Work required
From the records, return each line that has the word "Held" in it.

Extracted records
============================================================

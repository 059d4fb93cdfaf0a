//! Laws of a hand: over every lawful start and every lawful play of it.

ghost use Rattle.std.specs.Prelude.{◌≡◌, ◌+◌, ◌*◌, ◌%◌, ◌==◌, ◌<◌, ◌≤◌, ℕ, List, [], ◌∷◌, ◌++◌, Some, None, IsSome, false, true, map, nat_le, length, slice_index_or, sum, sum_by};
ghost use Rattle.std.specs.List.{AllByRecursion, list_all};
ghost use Rattle.betting_round.specs.declared.act.Act.TheVariants as acts;
ghost use Rattle.betting_round.specs.declared.act.Act.{Act};
ghost use Rattle.card_choices.specs.Choices.{AreDistinct};
ghost use Rattle.card_set.specs.declared.card.Card.{Card};
ghost use Rattle.card_set.specs.Decks.{IsDeck};
ghost use Rattle.pot_layers.specs.Layers.{is_contested};
ghost use Rattle.pot_layers.specs.PotTests.{are_others_within, total_of};
ghost use Rattle.table_engine.specs.declared.record.ActOf.{ActOf};
ghost use Rattle.table_engine.specs.declared.start.StartSeat.{StartSeat};
ghost use Rattle.table_engine.specs.Starts.{IsLawfulStart, chips_of, have_playable_stacks};
ghost use Rattle.table_engine.specs.Covers.{is_big_next, is_covered};
ghost use Rattle.table_engine.specs.Deals.{dealt_cards};
ghost use Rattle.table_engine.specs.Hands.{HandTerms, ante_posted, behind, dead_chips, due_in_hand, due_name, is_live, is_over, player_of, players_by_seat, posted, put_from, put_in_hand, street_of, streets_of};
ghost use Rattle.floor_text.specs.Refusals.{refusal_number};
ghost use Rattle.limit_betting.specs.Wagers.{raises, wagers};
ghost use Rattle.rulebook.specs.Pairs.{are_rising};
ghost use Rattle.table_engine.specs.Acts.{act_checks, done_of_act, hand_after_time, refusal_of_act, refusal_of_time, time_act};
ghost use Rattle.table_engine.specs.Results.{award, is_won_by_folds, players_after, pot, pots_in_hand, puts_in_hand, stacks_after_hand, starting_stacks};
ghost use Rattle.table_engine.specs.Plays.{IsLawfulPlay, are_lawful_after};
ghost use Rattle.table_engine.specs.declared.start.HandStart.{HandStart};

/// Says that the chips of a hand are kept. At each moment, all that the players have behind, all that they have put in
/// and the antes sum to their starting stacks, and nobody has put in more than his stack. The pots of a hand that is
/// over sum to all that was put in and the antes, what its players get sums to the same, and the stacks after it sum to
/// the starting stacks.
pub fn chips_of_a_hand()
    ensures in_play { (hand : HandTerms) → IsLawfulStart hand.start → IsLawfulPlay hand
        → sum_by (behind hand) hand.start.seats + sum_by (put_in_hand hand) hand.start.seats + dead_chips hand.start
        ≡ sum (starting_stacks hand) }
    ensures within { (hand : HandTerms) → IsLawfulStart hand.start → IsLawfulPlay hand
        → list_all (λ player. nat_le (put_in_hand hand player + ante_posted hand.start player) player.stack)
        hand.start.seats ≡ true }
    ensures pots { (hand : HandTerms) → IsLawfulStart hand.start → IsLawfulPlay hand
        → total_of (pots_in_hand hand) ≡ pot hand }
    ensures awards { (hand : HandTerms) → IsLawfulStart hand.start → IsLawfulPlay hand → is_over hand ≡ true
        → sum_by (award hand) hand.start.seats ≡ pot hand }
    ensures after { (hand : HandTerms) → IsLawfulStart hand.start → IsLawfulPlay hand → is_over hand ≡ true
        → sum (stacks_after_hand hand) ≡ sum (starting_stacks hand) }
    ensures players { (hand : HandTerms) → IsLawfulStart hand.start → IsLawfulPlay hand → is_over hand ≡ true
        → chips_of (players_after hand) ≡ chips_of hand.start.seats }
{}

/// Says that each act of a lawful play is refused by no check on the acts before it. Where it came by a called time, to
/// call time there is not refused and makes the hand with that act: what wrote the act back as a called time would play
/// the same hand.
pub fn acts_of_a_hand()
    ensures free { (hand : HandTerms) (front : List ActOf) (act : ActOf) (back : List ActOf) → IsLawfulPlay hand
        → hand.acts ≡ front ++ act ∷ back → refusal_of_act (record hand { acts = front }) act.name act.act ≡ None }
    ensures called { (hand : HandTerms) (front : List ActOf) (act : ActOf) (back : List ActOf) → IsLawfulPlay hand
        → hand.acts ≡ front ++ act ∷ back → act.by_time ≡ true
        → refusal_of_time (record hand { acts = front }) ≡ None }
    ensures timed { (hand : HandTerms) (front : List ActOf) (act : ActOf) (back : List ActOf) → IsLawfulPlay hand
        → hand.acts ≡ front ++ act ∷ back → act.by_time ≡ true
        → hand_after_time (record hand { acts = front }) ≡ record hand { acts = front ++ act ∷ [] } }
{}

/// Says that as long as a hand is not over somebody is due. He has chips behind, and he may fold, so there is always an
/// act of his that is not refused.
pub fn turns_of_a_hand()
    ensures somebody { (hand : HandTerms) → IsLawfulStart hand.start → IsLawfulPlay hand → is_over hand ≡ false
        → IsSome (due_name hand) }
    ensures behind { (hand : HandTerms) (seat : ℕ) (player : StartSeat) → IsLawfulStart hand.start → IsLawfulPlay hand
        → due_in_hand hand ≡ Some seat → player_of hand.start seat ≡ Some player → 0 < behind hand player }
    ensures free { (hand : HandTerms) (name : List ℕ) → IsLawfulStart hand.start → due_name hand ≡ Some name
        → refusal_of_act hand name acts.Fold ≡ None }
{}

/// Says that the bet level of a street never falls: where an act that is not refused leaves the hand on the same
/// street, with as many streets to come, the level is no lower after it.
pub fn levels_of_a_hand()
    ensures { (hand : HandTerms) (act : ActOf) → refusal_of_act hand act.name act.act ≡ None
        → (streets_of (record hand { acts = hand.acts ++ act ∷ [] })).left ≡ (streets_of hand).left
        → (street_of hand).level ≤ (street_of (record hand { acts = hand.acts ++ act ∷ [] })).level }
{}

/// Says that a hand cannot go on for ever: it has at most as many acts as its players have chips, and fifty more. Each
/// act puts a chip in, or is one of at most ten folds, or one of at most ten checks on each of four streets.
pub fn length_of_a_hand()
    ensures { (hand : HandTerms) → IsLawfulStart hand.start → IsLawfulPlay hand
        → length hand.acts ≤ chips_of hand.start.seats + 50 }
{}

/// Says that the players after a hand are those who were dealt in: they have their numbers, names and seats. Each of
/// them has a stack that is a multiple of the unit. After a hand that is won by folds it is above 0, as before the
/// hand: a player who folds was due, so he has chips behind.
pub fn players_of_a_hand()
    ensures numbers { (hand : HandTerms)
        → map (λ player. player.player) (players_after hand) ≡ map (λ player. player.player) hand.start.seats }
    ensures names { (hand : HandTerms)
        → map (λ player. player.name) (players_after hand) ≡ map (λ player. player.name) hand.start.seats }
    ensures seats { (hand : HandTerms)
        → map (λ player. player.seat) (players_after hand) ≡ map (λ player. player.seat) hand.start.seats }
    ensures stacks { (hand : HandTerms) → map (λ player. player.stack) (players_after hand) ≡ stacks_after_hand hand }
    ensures whole { (hand : HandTerms) → IsLawfulStart hand.start → IsLawfulPlay hand
        → list_all (λ player. player.stack % hand.start.blind.unit == 0) (players_after hand) ≡ true }
    ensures playable { (hand : HandTerms) → IsLawfulStart hand.start → IsLawfulPlay hand → is_won_by_folds hand ≡ true
        → have_playable_stacks hand.start.blind.unit (players_after hand) ≡ true }
{}

/// Says that a hand that is over and not won by folds comes to a showdown: a live player has put in chips, so that each
/// of its pots can be won.
pub fn showdown_of_a_hand()
    ensures { (hand : HandTerms) → IsLawfulStart hand.start → IsLawfulPlay hand → is_over hand ≡ true
        → is_won_by_folds hand ≡ false → is_contested (puts_in_hand hand) ≡ true }
{}

/// Says that a hand has a deck, and that no card is dealt twice: all hole cards of all players, the board and the
/// burned cards are different cards, so no two players hold the same card, and none holds one of the board.
pub fn cards_of_a_hand()
    ensures deck { (start : HandStart) → IsLawfulStart start → IsDeck start.deck }
    ensures apart { (start : HandStart) → IsLawfulStart start → AreDistinct (dealt_cards start) }
{}

/// Says that an uncalled bet comes back to its player. What a live player has put in above the height that any other
/// player reached is among what he gets, where one player alone is live and at a showdown.
pub fn an_uncalled_bet_comes_back()
    ensures { (hand : HandTerms) (index height : ℕ) (player : StartSeat) → IsLawfulStart hand.start → IsLawfulPlay hand
        → is_over hand ≡ true → slice_index_or (players_by_seat hand.start) index None ≡ Some player
        → is_live hand player ≡ true → are_others_within (puts_in_hand hand) index height ≡ true
        → put_in_hand hand player ≤ height + award hand player }
{}

/// Says that who folds is covered: of each player, some live player has put in during the hand at least as much as he.
/// That is so where nobody is dealt in between the small mark and the big one. Wherever the marks are, who is not
/// covered sits in the small mark's seat and has put in no more than he posted, and who sits in the big mark's seat
/// posted less.
pub fn who_folds_is_covered()
    ensures covered { (hand : HandTerms) (seat : ℕ) (player : StartSeat) → IsLawfulStart hand.start
        → IsLawfulPlay hand → is_big_next hand.start ≡ true → player_of hand.start seat ≡ Some player
        → is_covered hand player ≡ true }
    ensures anywhere { (hand : HandTerms) (seat : ℕ) (player big : StartSeat) → IsLawfulStart hand.start
        → IsLawfulPlay hand → player_of hand.start seat ≡ Some player
        → player_of hand.start hand.start.marks.big ≡ Some big → is_covered hand player ≡ false
        → (seat ≡ hand.start.marks.small) × (put_in_hand hand player ≤ posted hand.start player)
        × (posted hand.start big < posted hand.start player) }
{}

/// Says that by fixed limit nobody puts in more on a street than so many bets as the cap says and five more, on no
/// street of a lawful play, that no street has more wagers than the cap says, and that nobody raises more often than
/// that on a street but by an all-in.
pub fn bets_of_a_hand()
    ensures put { (hand : HandTerms) (seat : ℕ) → IsLawfulStart hand.start → IsLawfulPlay hand → 1 ≤ hand.start.cap
        → AllByRecursion (λ played. put_from seat played ≤ (hand.start.cap + 5) * played.start.big)
        ((streets_of hand).last ∷ (streets_of hand).before) }
    ensures wagers { (hand : HandTerms) → IsLawfulStart hand.start → IsLawfulPlay hand → 1 ≤ hand.start.cap
        → AllByRecursion (λ played. wagers played.start played.acts ≤ hand.start.cap)
        ((streets_of hand).last ∷ (streets_of hand).before) }
    ensures raises { (hand : HandTerms) → IsLawfulStart hand.start → IsLawfulPlay hand → 1 ≤ hand.start.cap
        → AllByRecursion (λ played. raises played.start played.acts ≤ hand.start.cap)
        ((streets_of hand).last ∷ (streets_of hand).before) }
{}

/// Says that betting does not depend on cards.
pub fn cards_do_not_bet()
    ensures due { (hand : HandTerms) (deck : List Card)
        → due_name (record hand { start = record hand.start { deck = deck } }) ≡ due_name hand }
    ensures play { (start : HandStart) (deck : List Card) (acts : List ActOf)
        → are_lawful_after (record start { deck = deck }) [] acts ≡ are_lawful_after start [] acts }
    ensures done { (hand : HandTerms) (deck : List Card) (name : List ℕ) (act : Act)
        → done_of_act (record hand { start = record hand.start { deck = deck } }) name act ≡ done_of_act hand name act }
    ensures time { (hand : HandTerms) (deck : List Card)
        → time_act (record hand { start = record hand.start { deck = deck } }) ≡ time_act hand }
    ensures refusal { (hand : HandTerms) (deck : List Card) (name : List ℕ) (act : Act)
        → refusal_of_act (record hand { start = record hand.start { deck = deck } }) name act
        ≡ refusal_of_act hand name act }
    ensures start { (start : HandStart) (deck : List Card) → IsLawfulStart start → IsDeck deck
        → IsLawfulStart (record start { deck = deck }) }
    ensures lawful { (hand : HandTerms) (deck : List Card) → IsLawfulPlay hand
        → IsLawfulPlay (record hand { start = record hand.start { deck = deck } }) }
{}

/// Says that the checks of an act stand in rising number, so that the first that holds is the lowest.
pub fn checks_of_an_act_rise()
    ensures { (hand : HandTerms) (name : List ℕ) (act : Act)
        → are_rising (map (λ check. refusal_number check.0) (act_checks hand name act)) ≡ true }
{}

/// Says that a hand that is over and not won by folds has come to its last street: none is left to begin.
pub fn a_showdown_has_the_whole_board()
    ensures { (hand : HandTerms) → is_over hand ≡ true → is_won_by_folds hand ≡ false → (streets_of hand).left ≡ 0 }
{}
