//! What a hand tells its tally of the pots.

ghost use Rattle.std.specs.Prelude.{◌≡◌, ◌+◌, ◌-◌, ◌≤◌, ◌<◌, ◌^◌, Some, map};
ghost use Rattle.betting_round.specs.Acts.{is_fold};
ghost use Rattle.pot_layers.specs.Tallies.{total_told};
ghost use Rattle.table_engine.specs.Starts.{IsLawfulStart};
ghost use Rattle.table_engine.specs.Hands.{players_by_seat};
ghost use Rattle.table_engine.specs.Tellings.{first_put, told};

use crate::players::{InSlot, fill_slots};
use crate::start::{HandStart, StartSeat};
use betting_round::Act;
use pot_layers::{PotTally, Put};

/// What a player put in before any act.
impl InSlot for Put {
    ghost made = { λ start player. first_put start (Some player) };

    fn make(start: &HandStart, player: &StartSeat) -> Put {
        Put::live(start.posted(player))
    }
}

/// Tells what was put in before any act, by the seats 1 to 10.
pub(crate) fn first_puts(start: &HandStart) -> [Put; 10]
    requires { IsLawfulStart start.now }
    ensures { result ≡ map (first_put start.now) (players_by_seat start.now) }
{
    let mut slots = [Put::NOBODY; 10];
    fill_slots(start, start.seats.items(), &mut slots, Put::NOBODY);
    slots
}

/// Tells the tally that the player in a seat has acted, and has put in so much, in chips.
pub(crate) fn tell(tally: &mut PotTally, seat: u8, put_in: u64, act: Act)
    requires first { 1 ≤ seat }
    requires last { seat ≤ 10 }
    requires fits { total_told tally.old + put_in < 2 ^ 53 }
    ensures { tally.new ≡ record tally.old { puts = told tally.old.puts (seat - 1) put_in (is_fold act) } }
{
    tally.add(seat, put_in);
    if matches!(act, Act::Fold) {
        tally.fold(seat);
    }
}
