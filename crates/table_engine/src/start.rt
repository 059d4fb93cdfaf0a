//! How a hand starts.

ghost use Rattle.std.specs.Prelude.{◌≡◌, ◌+◌, ◌≤◌, Some, IsTrue, IfOk};
ghost use Rattle.std.specs.Option.{option_copied};
ghost use Rattle.table_engine.specs.Hands.{ante_of, ante_posted, blind_of, name_in_seat, player_of, posted, seat_of_name};
ghost use Rattle.table_engine.specs.Results.{with_stack};
ghost use Rattle.table_engine.specs.Starts.{IsLawfulStart};

use button_blinds::Marks;
use card_set::{Deck, Game};
use floor_text::{List, Name};
use level_plan::Blind;
use std::alloc::{AllocError, Global};

/// A player who is dealt in.
#[derive(Clone, Copy)]
pub struct StartSeat {
    /// His seat, from 1.
    pub seat: u8,
    /// His number: his index in the entry list.
    pub player: u32,
    /// His name.
    pub name: Name,
    /// His stack before the blinds, in chips.
    pub stack: u64,
}

impl StartSeat {
    /// Gives the player with another stack, in chips.
    pub fn with_stack(self, stack: u64) -> StartSeat
        ensures { result ≡ with_stack self stack }
    {
        StartSeat { stack, ..self }
    }
}

/// All that a hand is made of before the first act.
#[derive(Drop)]
pub struct HandStart {
    /// The number of its table, from 1.
    pub table: u8,
    /// Its number among all hands of the tournament, from 1.
    pub serial: u64,
    /// The players who are dealt in, in rising seat.
    pub seats: List<StartSeat>,
    /// How many seats the table has.
    pub seat_count: u8,
    /// The seats that have the button, the small and the big blind.
    pub marks: Marks,
    /// The blinds, the ante, and the unit of the chips in play.
    pub blind: Blind,
    /// The most wagers of a street by fixed limit; 0 where betting has no fixed limit.
    pub cap: u64,
    /// Which game is played.
    pub game: Game,
    /// The deck from which the cards are dealt.
    pub deck: Deck,
}

impl HandStart {
    /// Copies the start. It fails for want of memory alone.
    pub fn copy(&self, alloc: Global) -> Result<HandStart, AllocError>
        ensures { IfOk result (λ copy. copy ≡ self.now) }
    {
        let seats = Vec::from_slice(alloc, self.seats.items())?;
        Ok(HandStart {
            table: self.table,
            serial: self.serial,
            seats: List::from_vec(seats),
            seat_count: self.seat_count,
            marks: self.marks,
            blind: self.blind,
            cap: self.cap,
            game: self.game,
            deck: self.deck,
        })
    }

    /// Gives the blind that is due of a seat, in chips.
    pub fn blind_of(&self, seat: u8) -> u64
        ensures { result ≡ blind_of self.now seat }
    {
        if seat == self.marks.big {
            self.blind.big
        } else if seat == self.marks.small {
            self.blind.small
        } else {
            0
        }
    }

    /// Gives the ante that is due of a seat, in chips.
    fn ante_of(&self, seat: u8) -> u64
        ensures { result ≡ ante_of self.now seat }
    {
        if seat == self.marks.big {
            self.blind.ante
        } else {
            0
        }
    }

    /// Tells what a player posts as the ante once his blind is posted, in chips: the lesser of what he has left and the
    /// ante that is due of his seat.
    pub fn ante_posted(&self, player: &StartSeat) -> u64
        ensures posted { result ≡ ante_posted self.now player.now }
        ensures covered { posted self.now player.now + result ≤ player.now.stack }
    {
        (player.stack - self.posted(player)).min(self.ante_of(player.seat))
    }

    /// Tells what a player posts as his blind, in chips: the lesser of his stack and the blind that is due of his seat.
    pub fn posted(&self, player: &StartSeat) -> u64
        ensures posted { result ≡ posted self.now player.now }
        ensures covered { result ≤ player.now.stack }
    {
        player.stack.min(self.blind_of(player.seat))
    }

    /// Gives the seat of the player of this name.
    pub(crate) fn seat_of_name(&self, name: Name) -> Option<u8>
        ensures { result ≡ seat_of_name self.now name }
    {
        let mut seats = self.seats.items().iter();
        seats
            .find(|player| player.name == name)
            .map(|player| player.seat)
    }

    /// Gives the player who sits in this seat. Where all seats before his are taken he is listed at the seat's own
    /// index, and then there is no search.
    fn in_seat(&self, seat: u8) -> Option<&StartSeat>
        requires { IsLawfulStart self.now }
        ensures { option_copied result ≡ player_of self.now seat }
    {
        let seats = self.seats.items();
        let index = usize::from(seat.saturating_sub(1));
        if index < seats.len() && seats[index].seat == seat {
            return Some(&seats[index]);
        }
        seats.iter().find(|player| player.seat == seat)
    }

    /// Gives the name of the player in this seat.
    pub(crate) fn name_in_seat(&self, seat: u8) -> Option<Name>
        requires { IsLawfulStart self.now }
        ensures { result ≡ name_in_seat self.now seat }
    {
        Some(self.in_seat(seat)?.name)
    }

    /// Tells whether the player in this seat has this name.
    pub(crate) fn has_in_seat(&self, seat: u8, name: Name) -> bool
        requires { IsLawfulStart self.now }
        ensures { IsTrue result → name_in_seat self.now seat ≡ Some name }
    {
        match self.in_seat(seat) {
            Some(player) => player.name == name,
            None => false,
        }
    }
}
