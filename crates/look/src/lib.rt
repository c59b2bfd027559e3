// The look through a text for 11, window by window. Through a name the plain-character step and the after-backslash step call each
// other as the remaining bytes fall; a window has at most 64 bytes, so that no text can exhaust the stack.
#![tactic(auto)]

ghost use Rattle.std.specs.Prelude.{true, false, ◌≡◌, ◌+◌, ◌<◌, ◌≤◌, length};
ghost use Rattle.layout.specs.Scan.{look, alive};
ghost use Rattle.look.specs.Windows.{Window, name_mode, Passed, WalkedTo};
ghost use Rattle.look.specs.Turns.{Onward, Turned};

use layout::Mode;

// Where a walk stopped, and in which of its two states.
#[derive(Clone, Copy)]
pub struct Stop {
    pub at: usize,
    pub slashed: bool,
}

// Over a run of plain characters, which need no step each: to the first byte that is none, or to the end of the window.
fn plain_run(text: &[u8], at: usize, end: usize) -> usize
    requires { Window text.now at end }
    ensures { Passed text.now at end result }
{
    for i in at..end {
        let b = text[i];
        if (b == b'\\') | (b == b'\t') | (b == b'\n') | (b == b':') {
            return i;
        }
    }
    end
}

// From a place inside a name.
#[cycle(behind_plain)]
fn plain(text: &[u8], at: usize, end: usize) -> Stop
    requires { Window text.now at end }
    ensures { WalkedTo text.now false at end result }
{
    if at == end {
        return Stop { at, slashed: false };
    }
    let b = text[at];
    if b == b'\\' {
        return behind(text, at + 1, end);
    }
    if (b == b'\t') | (b == b'\n') | (b == b':') {
        return Stop { at, slashed: false };
    }
    plain(text, at + 1, end)
}

// From the place behind a backslash.
#[cycle(behind_plain)]
fn behind(text: &[u8], at: usize, end: usize) -> Stop
    requires { Window text.now at end }
    ensures { WalkedTo text.now true at end result }
{
    if at == end {
        return Stop { at, slashed: true };
    }
    let b = text[at];
    if (b == b':') | (b == b'\\') {
        return plain(text, at + 1, end);
    }
    Stop { at, slashed: true }
}

// How far a look has come.
#[derive(Clone, Copy)]
pub struct Reached {
    pub at: usize,
    pub mode: Mode,
}

// Where a window that begins here ends.
fn window_end(at: usize, n: usize) -> usize
    requires { at < n }
    ensures lower_bound { (at < result) × (result ≤ n) }
    ensures upper_bound { result ≤ at + 64 }
{
    if n - at < 64 { n } else { at + 64 }
}

// Where a walk through a name stopped.
fn in_mode(at: usize, slashed: bool, attribute: bool) -> Reached
    ensures { (result.at ≡ at) × (result.mode ≡ name_mode slashed attribute) }
{
    if slashed {
        Reached {
            at,
            mode: Mode::Slashed(attribute),
        }
    } else {
        Reached {
            at,
            mode: Mode::Inside(attribute),
        }
    }
}

// To the end of a name, where the place is in one.
fn through_name(text: &[u8], at: usize, end: usize, mode: Mode) -> Reached
    requires { Window text.now at end }
    ensures { Onward text.now mode at end result }
{
    match mode {
        Mode::Inside(k) => {
            let i = plain_run(text, at, end);
            let s = plain(text, i, end);
            in_mode(s.at, s.slashed, k)
        }
        Mode::Slashed(k) => {
            let s = behind(text, at, end);
            in_mode(s.at, s.slashed, k)
        }
        _ => Reached { at, mode },
    }
}

// A window: through a name, then one byte.
fn turn(text: &[u8], at: usize, mode: Mode) -> Reached
    requires { (at < length text.now) × (alive mode ≡ true) }
    ensures { Turned text.now mode at result }
{
    let end = window_end(at, text.len());
    let w = through_name(text, at, end, mode);
    let i = w.at;
    if i == end {
        return w;
    }
    let m = w.mode;
    let next = byte_steps::next_mode(m, byte_steps::class_of(text[i]));
    if byte_steps::is_alive(next) {
        return Reached {
            at: i + 1,
            mode: next,
        };
    }
    Reached {
        at: i,
        mode: Mode::Bad,
    }
}

// 11: well-formed, or the first byte after which no well-formed text is possible, or the length at the end.
pub fn look_through(text: &[u8]) -> Result<(), usize>
    ensures { result ≡ look text.now }
{
    let mut at = 0usize;
    let mut mode = Mode::Begin;
    // From window to window: how far it goes is told by the turn.
    while at < text.len() {
        let w = turn(text, at, mode);
        at = w.at;
        mode = w.mode;
        if !byte_steps::is_alive(mode) {
            return Err(at);
        }
    }
    if byte_steps::may_end(mode) {
        Ok(())
    } else {
        Err(at)
    }
}
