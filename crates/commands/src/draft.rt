// The data block of a response while it is written.
ghost use Rattle.std.specs.Prelude.{[], ◌∷◌, ◌≡◌};
ghost use Rattle.block.specs.Command.{the_report, unknown};
ghost use Rattle.commands.specs.Draft.{Adds, blank};

use block::Held;
use encoding::Unwritten;

// The first `length` of `bytes` are written, with `page` in force after them.
#[derive(Clone, Copy)]
pub struct Draft {
    pub bytes: [u8; framing::LONGEST_BLOCK],
    pub length: usize,
    pub page: u8,
}

impl Draft {
    // Nothing is written.
    pub(crate) fn blank() -> Draft
        ensures { result ≡ blank }
    {
        Draft {
            bytes: [0u8; framing::LONGEST_BLOCK],
            length: 0,
            page: 0,
        }
    }

    // Adds the report of a value.
    pub(crate) fn add_value(&mut self, report: Held) -> Result<(), Unwritten>
        ensures { Adds self.old (the_report report.entry ∷ []) result self.new }
    {
        self.length = encoding::write_report(&mut self.bytes, self.length, self.page, report)?;
        self.page = report.page;
        Ok(())
    }

    // Adds the report of an unknown parameter.
    pub(crate) fn add_unknown(&mut self, page: u8, low: u8) -> Result<(), Unwritten>
        ensures { Adds self.old (unknown page low ∷ []) result self.new }
    {
        self.length = encoding::write_unknown(&mut self.bytes, self.length, self.page, page, low)?;
        self.page = page;
        Ok(())
    }
}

============================================================

Solution to the problem
use block::Held;
    pub(crate) fn add_value(&mut self, report: Held) -> Result<(), Unwritten>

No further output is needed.